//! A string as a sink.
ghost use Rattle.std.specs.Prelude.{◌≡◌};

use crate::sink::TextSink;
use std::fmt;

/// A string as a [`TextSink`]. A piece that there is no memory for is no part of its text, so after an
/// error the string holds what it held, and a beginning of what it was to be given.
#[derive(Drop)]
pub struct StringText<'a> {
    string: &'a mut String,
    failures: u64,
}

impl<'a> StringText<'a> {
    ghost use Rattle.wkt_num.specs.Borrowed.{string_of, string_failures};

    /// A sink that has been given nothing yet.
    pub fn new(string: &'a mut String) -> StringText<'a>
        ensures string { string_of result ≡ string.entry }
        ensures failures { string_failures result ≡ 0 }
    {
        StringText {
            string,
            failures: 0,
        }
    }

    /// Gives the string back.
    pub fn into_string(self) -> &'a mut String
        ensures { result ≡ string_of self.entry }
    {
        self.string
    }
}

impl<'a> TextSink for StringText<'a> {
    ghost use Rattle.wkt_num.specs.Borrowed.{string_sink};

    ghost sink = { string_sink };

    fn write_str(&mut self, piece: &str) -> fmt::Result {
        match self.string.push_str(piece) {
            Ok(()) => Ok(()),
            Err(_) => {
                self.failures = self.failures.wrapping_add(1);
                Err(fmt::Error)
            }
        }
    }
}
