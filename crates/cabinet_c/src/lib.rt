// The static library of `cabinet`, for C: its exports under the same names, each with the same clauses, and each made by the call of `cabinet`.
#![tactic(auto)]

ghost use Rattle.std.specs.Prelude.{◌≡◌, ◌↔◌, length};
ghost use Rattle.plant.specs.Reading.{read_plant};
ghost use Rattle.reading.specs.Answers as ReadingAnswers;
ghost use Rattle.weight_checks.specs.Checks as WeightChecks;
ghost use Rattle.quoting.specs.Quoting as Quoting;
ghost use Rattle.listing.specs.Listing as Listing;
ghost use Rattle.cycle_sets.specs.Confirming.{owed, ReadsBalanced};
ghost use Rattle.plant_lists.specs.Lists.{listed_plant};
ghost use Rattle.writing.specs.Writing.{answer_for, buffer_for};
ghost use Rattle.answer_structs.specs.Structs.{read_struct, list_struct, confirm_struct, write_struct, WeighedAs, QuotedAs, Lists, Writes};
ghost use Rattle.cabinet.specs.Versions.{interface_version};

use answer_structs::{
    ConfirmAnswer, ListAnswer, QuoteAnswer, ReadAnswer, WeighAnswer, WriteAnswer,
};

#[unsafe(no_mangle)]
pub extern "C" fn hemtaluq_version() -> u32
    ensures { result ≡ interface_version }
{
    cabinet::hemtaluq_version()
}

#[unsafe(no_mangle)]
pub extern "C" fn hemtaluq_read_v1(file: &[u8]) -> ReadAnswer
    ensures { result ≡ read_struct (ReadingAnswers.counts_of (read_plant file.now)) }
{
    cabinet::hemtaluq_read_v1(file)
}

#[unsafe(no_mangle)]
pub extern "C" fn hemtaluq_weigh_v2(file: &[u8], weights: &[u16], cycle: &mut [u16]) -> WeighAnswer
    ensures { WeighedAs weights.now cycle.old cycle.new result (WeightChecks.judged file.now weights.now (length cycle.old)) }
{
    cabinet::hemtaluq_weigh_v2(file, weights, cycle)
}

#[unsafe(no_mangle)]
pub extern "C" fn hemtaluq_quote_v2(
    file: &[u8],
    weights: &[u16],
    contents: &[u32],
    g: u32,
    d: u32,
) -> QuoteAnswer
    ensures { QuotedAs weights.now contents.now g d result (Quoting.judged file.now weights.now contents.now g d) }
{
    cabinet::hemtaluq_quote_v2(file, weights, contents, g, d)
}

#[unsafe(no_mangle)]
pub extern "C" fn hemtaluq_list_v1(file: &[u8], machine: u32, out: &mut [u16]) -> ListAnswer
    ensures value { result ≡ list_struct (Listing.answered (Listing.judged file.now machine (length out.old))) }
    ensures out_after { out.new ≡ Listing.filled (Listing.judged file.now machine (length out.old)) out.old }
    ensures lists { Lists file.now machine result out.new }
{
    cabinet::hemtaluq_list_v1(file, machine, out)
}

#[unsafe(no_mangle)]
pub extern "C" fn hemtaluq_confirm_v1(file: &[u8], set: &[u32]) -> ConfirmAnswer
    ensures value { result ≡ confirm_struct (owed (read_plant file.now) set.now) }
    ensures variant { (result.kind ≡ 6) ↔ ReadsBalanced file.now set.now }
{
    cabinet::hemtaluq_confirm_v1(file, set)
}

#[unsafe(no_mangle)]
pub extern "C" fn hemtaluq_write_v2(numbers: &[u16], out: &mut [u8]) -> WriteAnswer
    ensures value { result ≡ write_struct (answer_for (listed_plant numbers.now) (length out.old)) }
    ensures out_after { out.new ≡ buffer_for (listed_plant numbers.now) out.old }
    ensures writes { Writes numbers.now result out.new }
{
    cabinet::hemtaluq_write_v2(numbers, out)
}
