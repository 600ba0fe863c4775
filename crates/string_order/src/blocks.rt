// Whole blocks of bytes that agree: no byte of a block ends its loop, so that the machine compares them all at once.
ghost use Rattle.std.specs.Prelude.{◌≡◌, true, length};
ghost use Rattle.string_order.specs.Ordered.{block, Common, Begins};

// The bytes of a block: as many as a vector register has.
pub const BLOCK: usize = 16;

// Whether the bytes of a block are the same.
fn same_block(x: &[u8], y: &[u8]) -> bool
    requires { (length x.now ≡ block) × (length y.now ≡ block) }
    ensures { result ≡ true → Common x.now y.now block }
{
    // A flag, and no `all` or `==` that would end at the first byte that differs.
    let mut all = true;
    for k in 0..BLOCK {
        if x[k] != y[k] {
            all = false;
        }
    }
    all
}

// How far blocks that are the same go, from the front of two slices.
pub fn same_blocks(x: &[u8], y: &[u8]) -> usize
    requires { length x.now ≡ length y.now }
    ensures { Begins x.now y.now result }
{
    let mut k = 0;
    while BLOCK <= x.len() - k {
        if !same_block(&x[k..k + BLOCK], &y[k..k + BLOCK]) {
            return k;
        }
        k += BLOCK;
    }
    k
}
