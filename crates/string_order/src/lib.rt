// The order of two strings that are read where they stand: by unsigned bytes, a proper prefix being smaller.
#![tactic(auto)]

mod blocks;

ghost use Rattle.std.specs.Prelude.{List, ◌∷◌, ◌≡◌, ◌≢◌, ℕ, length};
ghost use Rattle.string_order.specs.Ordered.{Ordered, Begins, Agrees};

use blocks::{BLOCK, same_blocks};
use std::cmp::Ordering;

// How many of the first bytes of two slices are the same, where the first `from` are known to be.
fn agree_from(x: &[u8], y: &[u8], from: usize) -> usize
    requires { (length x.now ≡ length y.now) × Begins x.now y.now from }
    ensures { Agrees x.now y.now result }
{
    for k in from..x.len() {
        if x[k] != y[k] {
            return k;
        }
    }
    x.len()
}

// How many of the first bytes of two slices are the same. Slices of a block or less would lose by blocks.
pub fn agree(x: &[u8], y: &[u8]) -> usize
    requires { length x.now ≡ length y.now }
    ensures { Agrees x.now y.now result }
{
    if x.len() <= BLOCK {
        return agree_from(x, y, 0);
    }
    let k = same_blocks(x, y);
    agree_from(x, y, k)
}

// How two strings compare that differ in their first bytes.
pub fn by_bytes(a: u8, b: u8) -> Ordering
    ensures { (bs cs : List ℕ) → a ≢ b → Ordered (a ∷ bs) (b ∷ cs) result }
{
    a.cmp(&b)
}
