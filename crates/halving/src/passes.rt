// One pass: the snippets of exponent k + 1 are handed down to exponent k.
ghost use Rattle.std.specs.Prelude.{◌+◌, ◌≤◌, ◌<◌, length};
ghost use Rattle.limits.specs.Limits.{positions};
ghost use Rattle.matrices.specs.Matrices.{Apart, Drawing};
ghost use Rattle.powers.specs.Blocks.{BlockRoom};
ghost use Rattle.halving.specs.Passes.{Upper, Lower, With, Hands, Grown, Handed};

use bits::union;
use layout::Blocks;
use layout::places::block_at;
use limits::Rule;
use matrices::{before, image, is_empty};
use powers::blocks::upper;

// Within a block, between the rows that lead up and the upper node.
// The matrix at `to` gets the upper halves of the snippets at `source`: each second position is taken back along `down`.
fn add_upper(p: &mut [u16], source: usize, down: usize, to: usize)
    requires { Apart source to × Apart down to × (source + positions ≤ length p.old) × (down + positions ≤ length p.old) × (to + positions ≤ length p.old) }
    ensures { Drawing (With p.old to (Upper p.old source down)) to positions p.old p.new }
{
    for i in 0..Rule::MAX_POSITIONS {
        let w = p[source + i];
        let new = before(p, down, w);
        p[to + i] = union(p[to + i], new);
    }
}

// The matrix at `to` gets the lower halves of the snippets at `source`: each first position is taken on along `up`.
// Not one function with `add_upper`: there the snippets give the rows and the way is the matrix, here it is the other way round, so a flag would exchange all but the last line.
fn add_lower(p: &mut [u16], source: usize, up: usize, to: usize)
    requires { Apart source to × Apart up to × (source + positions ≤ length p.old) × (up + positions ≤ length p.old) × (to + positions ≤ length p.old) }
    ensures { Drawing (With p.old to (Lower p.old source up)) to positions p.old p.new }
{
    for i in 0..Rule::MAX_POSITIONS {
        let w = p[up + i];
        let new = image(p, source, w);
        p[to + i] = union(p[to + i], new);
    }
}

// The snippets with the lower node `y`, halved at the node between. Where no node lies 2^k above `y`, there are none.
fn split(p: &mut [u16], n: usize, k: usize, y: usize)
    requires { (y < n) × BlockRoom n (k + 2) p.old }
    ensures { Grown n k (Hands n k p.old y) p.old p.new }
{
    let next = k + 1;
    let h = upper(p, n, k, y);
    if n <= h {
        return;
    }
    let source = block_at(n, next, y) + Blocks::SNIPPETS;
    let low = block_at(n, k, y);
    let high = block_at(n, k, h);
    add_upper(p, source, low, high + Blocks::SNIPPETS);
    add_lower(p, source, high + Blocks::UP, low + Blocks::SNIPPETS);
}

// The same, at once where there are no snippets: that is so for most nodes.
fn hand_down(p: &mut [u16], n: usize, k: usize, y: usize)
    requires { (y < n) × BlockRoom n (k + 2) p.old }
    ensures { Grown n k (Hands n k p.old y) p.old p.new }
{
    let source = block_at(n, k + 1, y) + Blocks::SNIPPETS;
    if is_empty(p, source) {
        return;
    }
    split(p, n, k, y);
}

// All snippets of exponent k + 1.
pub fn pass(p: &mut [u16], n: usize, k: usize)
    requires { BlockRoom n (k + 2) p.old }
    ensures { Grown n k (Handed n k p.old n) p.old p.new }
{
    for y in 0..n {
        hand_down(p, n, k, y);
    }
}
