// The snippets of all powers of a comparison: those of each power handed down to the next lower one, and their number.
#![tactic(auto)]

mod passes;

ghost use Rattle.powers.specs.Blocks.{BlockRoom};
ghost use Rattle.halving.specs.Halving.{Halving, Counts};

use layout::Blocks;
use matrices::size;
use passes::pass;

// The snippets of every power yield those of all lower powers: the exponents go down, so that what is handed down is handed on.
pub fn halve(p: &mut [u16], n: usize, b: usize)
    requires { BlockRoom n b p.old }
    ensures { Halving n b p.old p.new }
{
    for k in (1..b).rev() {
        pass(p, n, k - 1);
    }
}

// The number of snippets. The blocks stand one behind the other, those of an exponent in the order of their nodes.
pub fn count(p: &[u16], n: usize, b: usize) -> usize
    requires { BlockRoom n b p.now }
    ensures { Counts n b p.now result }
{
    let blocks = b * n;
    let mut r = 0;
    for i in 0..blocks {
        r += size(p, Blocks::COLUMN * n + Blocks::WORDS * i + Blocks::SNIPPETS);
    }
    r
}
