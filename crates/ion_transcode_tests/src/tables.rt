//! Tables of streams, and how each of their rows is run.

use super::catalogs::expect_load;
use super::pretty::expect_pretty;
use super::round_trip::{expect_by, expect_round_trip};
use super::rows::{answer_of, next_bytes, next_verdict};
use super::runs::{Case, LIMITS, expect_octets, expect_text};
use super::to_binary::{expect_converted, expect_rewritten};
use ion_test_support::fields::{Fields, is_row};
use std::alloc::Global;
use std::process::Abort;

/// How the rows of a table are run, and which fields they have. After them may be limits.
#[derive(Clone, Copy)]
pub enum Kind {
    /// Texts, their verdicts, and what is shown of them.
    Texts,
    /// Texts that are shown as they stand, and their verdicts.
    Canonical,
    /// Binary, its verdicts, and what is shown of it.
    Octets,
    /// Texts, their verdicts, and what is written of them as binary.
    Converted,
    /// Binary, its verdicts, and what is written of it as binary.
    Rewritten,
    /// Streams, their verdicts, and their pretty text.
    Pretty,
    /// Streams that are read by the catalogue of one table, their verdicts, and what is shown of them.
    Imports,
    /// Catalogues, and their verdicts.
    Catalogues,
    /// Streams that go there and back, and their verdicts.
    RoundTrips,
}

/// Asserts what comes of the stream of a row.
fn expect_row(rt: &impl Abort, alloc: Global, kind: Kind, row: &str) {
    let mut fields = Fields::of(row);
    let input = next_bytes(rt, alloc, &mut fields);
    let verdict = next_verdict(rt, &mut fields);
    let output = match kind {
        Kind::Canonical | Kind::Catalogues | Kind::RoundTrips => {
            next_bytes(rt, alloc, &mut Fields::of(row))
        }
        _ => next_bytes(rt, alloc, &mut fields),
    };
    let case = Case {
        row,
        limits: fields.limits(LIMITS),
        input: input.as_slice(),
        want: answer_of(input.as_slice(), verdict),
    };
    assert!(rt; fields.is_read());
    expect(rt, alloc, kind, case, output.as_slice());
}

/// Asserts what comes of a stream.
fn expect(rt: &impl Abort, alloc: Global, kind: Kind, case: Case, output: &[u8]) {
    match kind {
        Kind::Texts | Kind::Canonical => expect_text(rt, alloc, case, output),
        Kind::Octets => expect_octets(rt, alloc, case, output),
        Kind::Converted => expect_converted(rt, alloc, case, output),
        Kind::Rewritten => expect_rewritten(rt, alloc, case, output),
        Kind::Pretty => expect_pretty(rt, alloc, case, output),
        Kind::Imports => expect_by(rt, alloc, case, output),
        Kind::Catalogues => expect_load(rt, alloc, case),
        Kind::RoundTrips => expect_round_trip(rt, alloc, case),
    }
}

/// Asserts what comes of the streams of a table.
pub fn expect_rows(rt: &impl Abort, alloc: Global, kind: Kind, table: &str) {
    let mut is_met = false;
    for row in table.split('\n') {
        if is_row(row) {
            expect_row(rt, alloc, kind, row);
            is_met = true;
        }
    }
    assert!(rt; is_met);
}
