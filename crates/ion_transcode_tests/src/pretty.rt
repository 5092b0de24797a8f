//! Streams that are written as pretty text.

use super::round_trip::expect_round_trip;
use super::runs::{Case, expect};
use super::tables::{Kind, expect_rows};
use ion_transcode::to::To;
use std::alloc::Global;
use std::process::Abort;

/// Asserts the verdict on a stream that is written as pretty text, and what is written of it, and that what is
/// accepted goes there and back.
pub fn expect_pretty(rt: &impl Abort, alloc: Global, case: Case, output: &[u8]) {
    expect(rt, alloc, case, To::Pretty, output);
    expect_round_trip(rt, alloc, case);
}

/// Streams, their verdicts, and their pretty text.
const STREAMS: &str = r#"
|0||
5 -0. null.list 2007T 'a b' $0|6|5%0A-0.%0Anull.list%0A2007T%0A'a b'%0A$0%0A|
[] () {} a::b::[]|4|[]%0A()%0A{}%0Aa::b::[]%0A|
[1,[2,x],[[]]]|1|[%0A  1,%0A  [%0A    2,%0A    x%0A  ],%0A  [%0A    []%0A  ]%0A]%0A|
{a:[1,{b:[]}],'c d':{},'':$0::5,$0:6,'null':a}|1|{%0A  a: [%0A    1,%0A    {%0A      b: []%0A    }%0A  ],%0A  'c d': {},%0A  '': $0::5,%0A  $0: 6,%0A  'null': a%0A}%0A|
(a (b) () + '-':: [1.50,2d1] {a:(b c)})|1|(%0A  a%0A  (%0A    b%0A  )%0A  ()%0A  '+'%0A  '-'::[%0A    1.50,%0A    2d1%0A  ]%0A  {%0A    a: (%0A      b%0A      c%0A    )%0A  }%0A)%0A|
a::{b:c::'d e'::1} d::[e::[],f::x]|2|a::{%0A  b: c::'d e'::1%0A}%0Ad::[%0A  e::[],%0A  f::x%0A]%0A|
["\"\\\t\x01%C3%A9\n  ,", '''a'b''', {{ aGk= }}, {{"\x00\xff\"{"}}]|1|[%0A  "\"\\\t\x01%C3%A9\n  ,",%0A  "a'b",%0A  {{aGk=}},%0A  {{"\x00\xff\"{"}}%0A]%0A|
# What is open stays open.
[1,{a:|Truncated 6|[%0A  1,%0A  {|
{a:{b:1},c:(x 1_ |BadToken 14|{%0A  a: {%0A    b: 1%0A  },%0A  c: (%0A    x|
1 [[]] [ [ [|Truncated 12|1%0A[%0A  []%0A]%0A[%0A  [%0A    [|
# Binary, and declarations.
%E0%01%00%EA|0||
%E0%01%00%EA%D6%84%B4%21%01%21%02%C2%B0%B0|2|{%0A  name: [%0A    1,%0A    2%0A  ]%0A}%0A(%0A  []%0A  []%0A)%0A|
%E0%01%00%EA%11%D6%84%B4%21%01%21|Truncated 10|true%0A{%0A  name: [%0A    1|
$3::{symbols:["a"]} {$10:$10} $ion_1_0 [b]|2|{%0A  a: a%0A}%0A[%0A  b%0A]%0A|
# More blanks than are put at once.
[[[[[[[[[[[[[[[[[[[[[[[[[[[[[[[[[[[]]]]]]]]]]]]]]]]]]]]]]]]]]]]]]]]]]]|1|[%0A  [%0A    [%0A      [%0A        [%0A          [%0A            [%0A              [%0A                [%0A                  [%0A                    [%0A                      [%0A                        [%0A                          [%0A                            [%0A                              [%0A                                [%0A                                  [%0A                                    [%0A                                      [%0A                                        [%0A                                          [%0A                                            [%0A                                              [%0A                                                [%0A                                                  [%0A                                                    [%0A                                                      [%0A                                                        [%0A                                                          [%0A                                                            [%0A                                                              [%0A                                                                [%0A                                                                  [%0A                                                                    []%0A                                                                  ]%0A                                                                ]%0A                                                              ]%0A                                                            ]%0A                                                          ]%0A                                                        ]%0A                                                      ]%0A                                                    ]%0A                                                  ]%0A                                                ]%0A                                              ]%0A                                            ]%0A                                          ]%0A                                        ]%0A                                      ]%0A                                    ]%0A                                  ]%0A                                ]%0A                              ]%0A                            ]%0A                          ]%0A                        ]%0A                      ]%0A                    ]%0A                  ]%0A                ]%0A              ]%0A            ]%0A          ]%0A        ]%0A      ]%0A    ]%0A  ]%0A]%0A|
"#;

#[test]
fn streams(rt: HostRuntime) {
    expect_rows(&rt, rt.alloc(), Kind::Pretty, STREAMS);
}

————

**Task prompt**
Above are the records; repeat exactly the lines from the one holding "to be given." down to the one holding "impl<'a> TextSink for", end lines included.

**Task response**
/// error the string holds what it held, and a beginning of what it was to be given.
#[derive(Drop)]
pub struct StringText<'a> {
    string: &'a mut String,
    failures: u64,
}

impl<'a> StringText<'a> {
    ghost use Rattle.wkt_num.specs.Borrowed.{string_of, string_failures};

    /// A sink that has been given nothing yet.
    pub fn new(string: &'a mut String) -> StringText<'a>
        ensures string { string_of result ≡ string.entry }
        ensures failures { string_failures result ≡ 0 }
    {
        StringText {
            string,
            failures: 0,
        }
    }

    /// Gives the string back.
    pub fn into_string(self) -> &'a mut String
        ensures { result ≡ string_of self.entry }
    {
        self.string
    }
}

impl<'a> TextSink for StringText<'a> {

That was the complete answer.